:: Problem to solve ::
Within the records, determine how many lines contain the word "PartialEq". Your reply must consist of that number only.

:: Material for this exercise ::
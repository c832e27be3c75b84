// A block store on lent memory that takes the block freed last, by a chain through the free blocks' own words.
#![tactic(auto)]

mod store;
mod store_calls;

pub use store::ChainStore;
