// One snapshot of the table.
ghost use Rattle.std.specs.Prelude.{◌≡◌};
ghost use Rattle.table.specs.Tables.{moved_up, under};

use root::Root;

// A live snapshot.
#[derive(Clone, Copy, Debug, PartialEq, Eq)]
pub struct Snapshot {
    pub root: Root,
    // the snapshot that it stands under; snapshot 0 has none
    pub parent: Option<u8>,
}

impl Snapshot {
    // Whether it stands under the snapshot with that number.
    pub fn stands_under(self, number: u8) -> bool
        ensures value { result ≡ under number self }
    {
        self.parent == Some(number)
    }

    // Comes to stand under `parent` if it stands under `number`.
    pub fn move_up(&mut self, number: u8, parent: Option<u8>)
        ensures after { self.new ≡ moved_up number parent self.old }
    {
        if self.stands_under(number) {
            self.parent = parent;
        }
    }
}
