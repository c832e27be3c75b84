// The order in which the live snapshots were made.
ghost use Rattle.std.specs.Prelude.{◌≡◌, ◌<◌, ◌≤◌, [], ◌∷◌, ◌++◌, length, filter};
ghost use Rattle.table.specs.Tables.{but};

use std::marker::Model;

// Their numbers, the one made first at the front. It is no `ArrayVec`: that is not `Copy`, and the table is.
#[derive(Clone, Copy, Debug, PartialEq, Eq)]
pub(crate) struct Order {
    places: [u8; 64],
    count: usize,
}

impl Model for Order {
    ghost use Rattle.std.specs.Prelude.{◌≡◌, ◌≤◌, ◌++◌, length, take, drop};
    ghost use Rattle.std.proofs.Common.{arith, take-append-drop, length-take-le};
    ghost use Rattle.table.specs.Orders.{Numbers};

    ghost Value = { Numbers };

    ghost view = { λ o. record { made = take o.count o.places; spare = drop o.count o.places } };

    ghost invariant = { λ o. (o.count ≤ 64) × (length o.places ≡ 64) };

    ghost inverse = { λ n. record { places = n.made ++ n.spare; count = length n.made } };

    ghost inverse_ok = { λ o h i. record {
      places = take-append-drop o.count o.places i;
      count = length-take-le o.count o.places (omega (arith, h.0, h.1)) i;
    } };
}

impl Order {
    // No number yet.
    pub(crate) fn new() -> Order
        ensures { result.made ≡ [] }
    {
        Order {
            places: [0; 64],
            count: 0,
        }
    }

    // The numbers.
    pub(crate) fn numbers(&self) -> &[u8]
        ensures value { result.now ≡ self.now.made }
        ensures few { length result.now ≤ 64 }
    {
        &self.places[..self.count]
    }

    // Adds a number that comes last, where there is room for one more.
    pub(crate) fn push(&mut self, number: u8)
        ensures made { length self.old.made < 64 → self.new.made ≡ self.old.made ++ (number ∷ []) }
        ensures few { length self.new.made ≤ 64 }
    {
        if self.count < self.places.len() {
            self.places[self.count] = number;
            self.count += 1;
        }
    }

    // Strikes a number.
    pub(crate) fn strike(&mut self, number: u8)
        ensures made { self.new.made ≡ filter (but number) self.old.made }
        ensures few { length self.new.made ≤ 64 }
    {
        let mut kept = Order::new();
        for other in self.numbers() {
            if *other != number {
                kept.push(*other);
            }
        }
        *self = kept;
    }
}
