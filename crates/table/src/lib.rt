// The table of snapshots: for each of 64 numbers the root block and the parent, and the order in which the live ones were made.
#![tactic(auto)]

mod orders;
mod records;
mod tables;

pub use records::Snapshot;
pub use tables::Table;
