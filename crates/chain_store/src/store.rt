// The store's parts, and what always holds of them.
ghost use Rattle.block_slab.specs.Held.{held};
ghost use Rattle.links.specs.Chain.{Threads, chain};

use block_slab::Slab;

#[derive(Drop)]
pub struct ChainStore<'a> {
    // the memory that was lent: the first word of a free block is the number of the next free block
    pub(crate) slab: Slab<'a>,
    // the number that was freed last, where any is free
    pub(crate) top: u32,
    // how many numbers are free
    pub(crate) free: u32,
    ghost threads: { Threads (chain slab.words.now top free) (held slab) },
}
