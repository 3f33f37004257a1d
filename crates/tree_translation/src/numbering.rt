//! Numbering the lists of tails that may be left, depth first.
//!
//! What a list does from an input on, one node does. Its entries are the numbers of what is left
//! behind each state, which are found first, and equal nodes are made once. So each node that was
//! made is needed, and too many of them are seen as soon as they are there. It costs for each
//! different list one pass over its tails for each 64 states, and one over those that matter to the
//! 64 for each run of states that they treat alike.
ghost use Rattle.std.specs.Prelude.{◌-◌, replicate, ◌≡◌, ◌≤◌, ◌<◌, ◌+◌, ◌∷◌, ◌++◌, [], length, slice_index, slice_index_or, unwrap_or, ℕ, List, false, All, IfErr, IfOk, IfSome, OnOk, Some, None, if◌then◌else◌};
ghost use Rattle.rule_file.specs.States.{most_states};
ghost use Rattle.tree_translation.specs.declared.tree_fault.TreeFault.TheVariants.{TreeTooLarge};
ghost use Rattle.tree_translation.specs.Layers.{IsLayer, lets, rest_at};
ghost use Rattle.tree_translation.specs.Numbering.{AreEntries, CanNumber, GrowsNodes, IsNumberOf, NeedsTooMany, entries_in};
ghost use Rattle.tree_translation.specs.TailsFound.{AreMarked, AreTailsFound};
ghost use Rattle.tree_translation.specs.Translation.{AreLeaves, LeftOf, first_some};

use crate::layers::Layer;
use crate::listed::{Listed, Node};
use crate::near::{states_alike, tails_near};
use crate::packed::Packed;
use crate::sharing::add_node;
use crate::tree_fault::TreeFault;
use indexmap::IndexSet;
use std::alloc::{AllocError, Global};
use std::collections::HashMap;

/// The nodes that were made, and the number of the node for each list that was looked at.
#[derive(Debug, Drop)]
pub struct NodeTable {
    pub numbers: HashMap<Listed, u32>,
    pub nodes: IndexSet<Node>,
}

/// What was left behind a state, and its number.
#[derive(Debug, Drop)]
struct Latest {
    list: Vec<u32>,
    number: u32,
}

/// The number of the node that does what these tails do from an input on, which is made where it
/// isn't there. `marks` has a false for each tail of any layer, and has them again at the end.
#[cycle(numbering)]
pub fn number_of(
    alloc: Global,
    states: u16,
    layers: &[Layer],
    input: usize,
    list: &[u32],
    marks: &mut [bool],
    found: &mut NodeTable,
) -> Result<u32, TreeFault>
    requires { CanNumber states layers.now input list.now marks.old found.old }
    ensures number { IfOk result
        (λ n. IsNumberOf states layers.now found.new.nodes.keys input list.now n) }
    ensures grows { OnOk result (GrowsNodes states layers.now input input list.now found.old found.new) }
    ensures last { IfOk result (λ n. All (λ node. input < node.input) found.old.nodes.keys →
        n + 1 ≡ length found.new.nodes.keys) }
    ensures clear { OnOk result (All (λ b. b ≡ false) marks.new) }
    ensures large { IfErr result (λ fault. fault ≡ TreeTooLarge →
        NeedsTooMany states layers.now input list.now found.old) }
{
    let key = Listed {
        input,
        numbers: list.to_vec(alloc)?,
    };
    if let Some(number) = found.numbers.get(&key) {
        return Ok(*number);
    }
    let entries = entries_of(alloc, states, layers, input, list, marks, found)?;
    let node = Node {
        input,
        entries: Packed::of(alloc, &entries)?,
    };
    let number = add_node(&mut found.nodes, node)?;
    found.numbers.insert(key, number)?;
    Ok(number)
}

// The entries of the node that does what these tails do from an input on.
#[cycle(numbering)]
fn entries_of(
    alloc: Global,
    states: u16,
    layers: &[Layer],
    input: usize,
    list: &[u32],
    marks: &mut [bool],
    found: &mut NodeTable,
) -> Result<Vec<u32>, TreeFault>
    requires { CanNumber states layers.now input list.now marks.old found.old }
    ensures entries { IfOk result
        (λ entries.
        AreEntries states layers.now found.new.nodes.keys input list.now entries.items) }
    ensures grows { OnOk result (GrowsNodes states layers.now input
        (input + 1) list.now found.old found.new) }
    ensures clear { OnOk result (All (λ b. b ≡ false) marks.new) }
    ensures large { IfErr result (λ fault. fault ≡ TreeTooLarge →
        NeedsTooMany states layers.now input list.now found.old) }
{
    let layer = &layers[input];
    if input + 1 == layers.len() {
        return Ok(leaf_of(alloc, states, layer, list)?);
    }
    let mut entries = Vec::with_capacity(alloc, usize::from(states))?;
    let mut latest: Option<Latest> = None;
    let mut near = Vec::new(alloc);
    let mut state = 0;
    while state < states {
        near = tails_near(alloc, layer, state as u8, list, near)?;
        let alike = states_alike(layer, state as u8, &near).min(states - state);
        let left = tails_left(alloc, layer, state as u8, &near, marks)?;
        let number = number_again(
            alloc,
            states,
            layers,
            input + 1,
            &left,
            latest.as_ref(),
            marks,
            found,
        )?;
        state += alike;
        fill_up(&mut entries, state, number)?;
        latest = Some(Latest { list: left, number });
    }
    Ok(entries)
}

// The same as `number_of` of the tails that are left behind a state. They are likely to be those
// that were left behind the state before it.
#[cycle(numbering)]
fn number_again(
    alloc: Global,
    states: u16,
    layers: &[Layer],
    input: usize,
    list: &[u32],
    latest: Option<&Latest>,
    marks: &mut [bool],
    found: &mut NodeTable,
) -> Result<u32, TreeFault>
    requires ready { CanNumber states layers.now input list.now marks.old found.old }
    requires latest { IfSome latest
        (λ l.
        IsNumberOf states layers.now found.old.nodes.keys input l.now.list.items l.now.number) }
    ensures number { IfOk result
        (λ n. IsNumberOf states layers.now found.new.nodes.keys input list.now n) }
    ensures grows { OnOk result (GrowsNodes states layers.now input input list.now found.old found.new) }
    ensures clear { OnOk result (All (λ b. b ≡ false) marks.new) }
    ensures large { IfErr result (λ fault. fault ≡ TreeTooLarge →
        NeedsTooMany states layers.now input list.now found.old) }
{
    if let Some(latest) = latest
        && latest.list.as_slice() == list
    {
        return Ok(latest.number);
    }
    number_of(alloc, states, layers, input, list, marks, found)
}

// Fills the entries up to this count with a number.
fn fill_up(entries: &mut Vec<u32>, count: u16, number: u32) -> Result<(), AllocError>
    requires { length entries.old.items ≤ count }
    ensures { OnOk result (entries.new.items
        ≡ entries.old.items ++ replicate (count - length entries.old.items) number) }
{
    entries.resize(usize::from(count), number)
}

// For each state of the last input the first result that is left, or the state.
fn leaf_of(alloc: Global, states: u16, layer: &Layer, list: &[u32]) -> Result<Vec<u32>, AllocError>
    requires at_most { states ≤ most_states }
    requires layer { IsLayer layer.now states }
    requires inside { All (λ n. n < length layer.now.tails.items) list.now }
    ensures { IfOk result (λ leaf. AreLeaves states layer.now list.now leaf.items) }
{
    let mut leaf = Vec::with_capacity(alloc, usize::from(states))?;
    for state in 0..states {
        leaf.push(first_result(layer, state as u8, list))?;
    }
    Ok(leaf)
}

// The first result that is left of these tails behind the last input, or the input.
fn first_result(layer: &Layer, state: u8, list: &[u32]) -> u32
    requires sets { All (λ tail. tail.set < length layer.now.sets.items) layer.now.tails.items }
    requires inside { All (λ n. n < length layer.now.tails.items) list.now }
    ensures { result ≡ unwrap_or (first_some (λ number. if lets layer.now number state then Some
        (rest_at layer.now number) else None) list.now) state }
{
    for number in list {
        if layer.lets(*number, state) {
            return layer.tails[*number as usize].rest;
        }
    }
    u32::from(state)
}

// What is left of these tails behind an input of this state, each once. `is_there` has a false for
// each tail of the next layer, and has them again at the end.
fn tails_left(
    alloc: Global,
    layer: &Layer,
    state: u8,
    list: &[u32],
    is_there: &mut [bool],
) -> Result<Vec<u32>, AllocError>
    requires layer { IsLayer layer.now (length is_there.old) }
    requires inside { All (λ n. n < length layer.now.tails.items) list.now }
    requires clear { All (λ b. b ≡ false) is_there.old }
    ensures left { IfOk result (λ left. LeftOf layer.now state list.now left.items) }
    ensures inside { IfOk result (λ left. (count : ℕ) → IsLayer layer.now count → All
        (λ n. n < count) left.items) }
    ensures clear { OnOk result (All (λ b. b ≡ false) is_there.new) }
{
    let mut found = Vec::new(alloc);
    for number in list {
        add_rest(layer, state, *number, is_there, &mut found)?;
    }
    unmark(is_there, &found);
    Ok(found)
}

// Adds what is left of one more tail behind an input of this state, where it isn't there already.
fn add_rest(
    layer: &Layer,
    state: u8,
    number: u32,
    is_there: &mut [bool],
    found: &mut Vec<u32>,
) -> Result<(), AllocError>
    requires layer { IsLayer layer.now (length is_there.old) }
    requires inside { number < length layer.now.tails.items }
    ensures { OnOk result ((passed : List ℕ) →
        AreTailsFound layer.now state passed is_there.old found.old.items →
        AreTailsFound layer.now state (passed ++ number ∷ []) is_there.new found.new.items) }
{
    if !layer.lets(number, state) {
        return Ok(());
    }
    let rest = layer.tails[number as usize].rest;
    if is_there[rest as usize] {
        return Ok(());
    }
    is_there[rest as usize] = true;
    found.push(rest)?;
    Ok(())
}

// Takes away the marks of these.
fn unmark(is_there: &mut [bool], found: &[u32])
    requires { AreMarked is_there.old found.now }
    ensures { All (λ b. b ≡ false) is_there.new }
{
    for rest in found {
        is_there[*rest as usize] = false;
    }
}
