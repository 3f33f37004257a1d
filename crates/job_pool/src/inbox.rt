//! The end of a worker from which it takes jobs.
ghost use Rattle.std.specs.Prelude.{◌≡◌, IfSome};
ghost use Rattle.revision_jobs.specs.Entries.{IsOf};

use crate::bells::Call;
use crossbeam_channel::Receiver;
use job_queue::JobTaker;
use revision_jobs::Job;
use std::hint::spin_loop;
use std::marker::Model;
use std::sync::Wait;

// How often a worker looks for the next step of its line, for a millisecond at most. The post mostly
// sends that step a tenth of it after the answer.
const LOOKS: u32 = 512;

// How often it pauses between two looks.
const PAUSES: u32 = 32;

/// Where a worker takes its jobs. Contracts see the table of its jobs.
#[derive(Drop)]
pub(crate) struct Inbox {
    steps: JobTaker,
    views: JobTaker,
    bell: Receiver<Call>,
    is_first: bool,
    looks: u32,
}

impl Model for Inbox {
    ghost use Rattle.std.specs.Prelude.{◌≡◌};
    ghost use Rattle.revision_jobs.specs.declared.entries.Entries.{Entries};

    ghost Value = { Entries };

    ghost view = { λ i. i.steps.table };

    ghost invariant = { λ i. i.views.table ≡ i.steps.table };
}

impl Inbox {
    /// The end of one of so many workers.
    pub(crate) fn new(
        steps: JobTaker,
        views: JobTaker,
        bell: Receiver<Call>,
        is_first: bool,
        workers: u8,
    ) -> Inbox
        requires { views.table ≡ steps.table }
        ensures { result ≡ steps.table }
    {
        // A worker that is alone gets every step.
        let looks = if workers == 1 { 0 } else { LOOKS };
        Inbox {
            steps,
            views,
            bell,
            is_first,
            looks,
        }
    }

    // A step or a view, as is asked for, where there is one.
    fn try_take<R: Wait>(&mut self, rt: &R, is_step: bool) -> Option<Job>
        ensures same { self.new ≡ self.old }
        ensures own { IfSome result (λ job. IsOf self.old job.place) }
    {
        if is_step {
            self.steps.try_take(rt)
        } else {
            self.views.try_take(rt)
        }
    }

    // A job, where there is one: a view goes before a step, or the other way round.
    fn look<R: Wait>(&mut self, rt: &R, is_step_first: bool) -> Option<Job>
        ensures same { self.new ≡ self.old }
        ensures own { IfSome result (λ job. IsOf self.old job.place) }
    {
        let job = self.try_take(rt, is_step_first);
        if job.is_some() {
            return job;
        }
        self.try_take(rt, !is_step_first)
    }

    // A step or a view, as is asked for, if there is one within some looks.
    fn watch<R: Wait>(&mut self, rt: &R, is_step: bool) -> Option<Job>
        ensures same { self.new ≡ self.old }
        ensures own { IfSome result (λ job. IsOf self.old job.place) }
    {
        for _ in 0..self.looks {
            let job = self.try_take(rt, is_step);
            if job.is_some() {
                return job;
            }
            pause();
        }
        None
    }

    // What a call brings, if anything. Others leave a step to the first worker for a while.
    fn answer<R: Wait>(&mut self, rt: &R, call: Call, is_step_first: bool) -> Option<Job>
        ensures same { self.new ≡ self.old }
        ensures own { IfSome result (λ job. IsOf self.old job.place) }
    {
        match call {
            Call::Any => self.look(rt, is_step_first),
            Call::Step if self.is_first => self.look(rt, true),
            Call::Step => {
                let view = self.watch(rt, false);
                if view.is_some() {
                    return view;
                }
                self.look(rt, false)
            }
        }
    }

    // The next job, as `take` gives it.
    fn wait<R: Wait>(&mut self, rt: &R, is_step_first: bool) -> Option<Job>
        ensures same { self.new ≡ self.old }
        ensures own { IfSome result (λ job. IsOf self.old job.place) }
    {
        for _ in rt.forever() {
            let Ok(call) = self.bell.recv(rt) else {
                return self.look(rt, is_step_first);
            };
            let job = self.answer(rt, call, is_step_first);
            if job.is_some() {
                return job;
            }
        }
        unreachable!()
    }

    /// The next job, or None where there is none and the post is gone. It waits while there is
    /// none.
    pub(crate) fn take<R: Wait>(&mut self, rt: &R) -> Option<Job>
        ensures same { self.new ≡ self.old }
        ensures own { IfSome result (λ job. IsOf self.old job.place) }
    {
        self.wait(rt, false)
    }

    /// The next job of a worker that has just worked a step. The step that goes on from it is soon
    /// there, and costs this worker least; the view that comes before it may be another's.
    pub(crate) fn take_after_step<R: Wait>(&mut self, rt: &R) -> Option<Job>
        ensures same { self.new ≡ self.old }
        ensures own { IfSome result (λ job. IsOf self.old job.place) }
    {
        let step = self.watch(rt, true);
        if step.is_none() {
            return self.wait(rt, self.is_first);
        }
        if self.is_first {
            // The call for this step, or another, which isn't needed now.
            let _ = self.bell.try_recv(rt);
        }
        step
    }
}

// Lets the processor pause between two looks.
fn pause() {
    for _ in 0..PAUSES {
        spin_loop();
    }
}
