//! Lists of numbers in little memory.
//!
//! The entries of a node are a number for each state, and mostly many states in a row have the
//! same. Such a list is kept as its runs where these are fewer than half as many as the numbers.
ghost use Rattle.std.specs.Prelude.{◌≡◌, ◌<◌, ◌≤◌, ◌+◌, ◌*◌, ◌++◌, length, nat_lt, All, IfOk, OnOk};
ghost use Rattle.decision_tree.specs.Entry.{entry_range};
ghost use Rattle.rule_file.specs.States.{most_states};
ghost use Rattle.tree_translation.specs.Packed.{ends_run, keeps_runs, runs_from, spread_from};

use decision_tree::{Entry, add_entries};
use std::alloc::{AllocError, Global};
use std::hash::{Hash, Hasher};
use std::marker::Model;

/// Equal numbers in a row, up to a place.
#[derive(Clone, Copy, Debug, PartialEq, Eq, Hash)]
pub struct Run {
    pub number: Entry,
    /// The place behind the last of them.
    pub until: u16,
}

/// How numbers are kept.
#[derive(Debug, Drop)]
pub enum Form {
    Each(Vec<Entry>),
    Runs(Vec<Run>),
}

/// Numbers, which contracts see as the list of them. Equal lists are kept in the same form.
#[derive(Debug, Drop)]
pub struct Packed {
    form: Form,
}

impl Model for Packed {
    ghost use Rattle.std.specs.Prelude.{List, ℕ};
    ghost use Rattle.tree_translation.specs.PackedForms.{IsPacked, numbers_in};

    ghost Value = { List ℕ };

    ghost view = { λ packed. numbers_in packed.form };

    ghost invariant = { λ packed. IsPacked packed.form };
}

impl Packed {
    /// Packs a number for each state.
    pub fn of(alloc: Global, numbers: &[u32]) -> Result<Packed, AllocError>
        requires count { length numbers.now ≤ most_states }
        requires range { All (λ n. n < entry_range) numbers.now }
        ensures { IfOk result (λ packed. packed ≡ numbers.now) }
    {
        let runs = runs_of(alloc, numbers)?;
        let form = if 2 * runs.len() < numbers.len() {
            Form::Runs(runs)
        } else {
            Form::Each(each_of(alloc, numbers)?)
        };
        Ok(Packed { form })
    }

    /// Puts the numbers behind others.
    pub fn add_to(&self, numbers: &mut Vec<Entry>) -> Result<(), AllocError>
        ensures { OnOk result (numbers.new.items ≡ numbers.old.items ++ self.now) }
    {
        match &self.form {
            Form::Each(others) => numbers.extend_from_slice(others),
            Form::Runs(runs) => add_runs(numbers, runs),
        }
    }
}

// The runs of numbers.
fn runs_of(alloc: Global, numbers: &[u32]) -> Result<Vec<Run>, AllocError>
    requires count { length numbers.now ≤ most_states }
    requires range { All (λ n. n < entry_range) numbers.now }
    ensures { IfOk result (λ runs. runs.items ≡ runs_from 0 numbers.now) }
{
    let mut runs = Vec::new(alloc);
    for (place, number) in numbers.iter().enumerate() {
        if ends_run(numbers, place) {
            runs.push(Run {
                number: Entry::of(*number),
                until: place as u16 + 1,
            })?;
        }
    }
    Ok(runs)
}

// The numbers one by one.
fn each_of(alloc: Global, numbers: &[u32]) -> Result<Vec<Entry>, AllocError>
    requires { All (λ n. n < entry_range) numbers.now }
    ensures { IfOk result (λ entries. entries.items ≡ numbers.now) }
{
    let mut entries = Vec::with_capacity(alloc, numbers.len())?;
    add_entries(&mut entries, numbers)?;
    Ok(entries)
}

// Whether the next number is another, or there is none.
fn ends_run(numbers: &[u32], place: usize) -> bool
    requires { place + 1 ≤ length numbers.now }
    ensures { result ≡ ends_run numbers.now place }
{
    match numbers.get(place + 1) {
        Some(next) => numbers[place] != *next,
        None => true,
    }
}

// Puts the numbers of runs behind others.
fn add_runs(numbers: &mut Vec<Entry>, runs: &[Run]) -> Result<(), AllocError>
    ensures { OnOk result (numbers.new.items ≡ numbers.old.items ++ spread_from 0 runs.now) }
{
    let start = numbers.len();
    for run in runs {
        let until = numbers.len().max(start + usize::from(run.until));
        numbers.resize(until, run.number)?;
    }
    Ok(())
}

impl PartialEq for Packed {
    ghost use Rattle.std.specs.Str.{bytes_eq};
    ghost use Rattle.std.specs.Cmp.{partial_equiv_from_equiv};
    ghost use Rattle.std.specs.Cmp.Lexicographic.{nat_list_eq_equiv};

    ghost eq = { bytes_eq };

    ghost laws = { partial_equiv_from_equiv nat_list_eq_equiv };

    fn eq(&self, other: &Packed) -> bool {
        match (&self.form, &other.form) {
            (Form::Each(numbers), Form::Each(others)) => numbers == others,
            (Form::Runs(runs), Form::Runs(others)) => runs == others,
            _ => false,
        }
    }
}

impl Eq for Packed {
    ghost use Rattle.std.specs.Cmp.Lexicographic.{nat_list_eq_equiv};

    ghost laws = { nat_list_eq_equiv };
}

impl Hash for Packed {
    ghost use Rattle.tree_translation.specs.PackedForms.{hash_input_of, same_input};

    ghost hash_input = { hash_input_of };

    ghost respects_eq = { same_input };

    fn hash<H: Hasher>(&self, state: &mut H) {
        match &self.form {
            Form::Each(numbers) => numbers.hash(state),
            Form::Runs(runs) => runs.hash(state),
        }
    }
}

:: Response to the task ::
4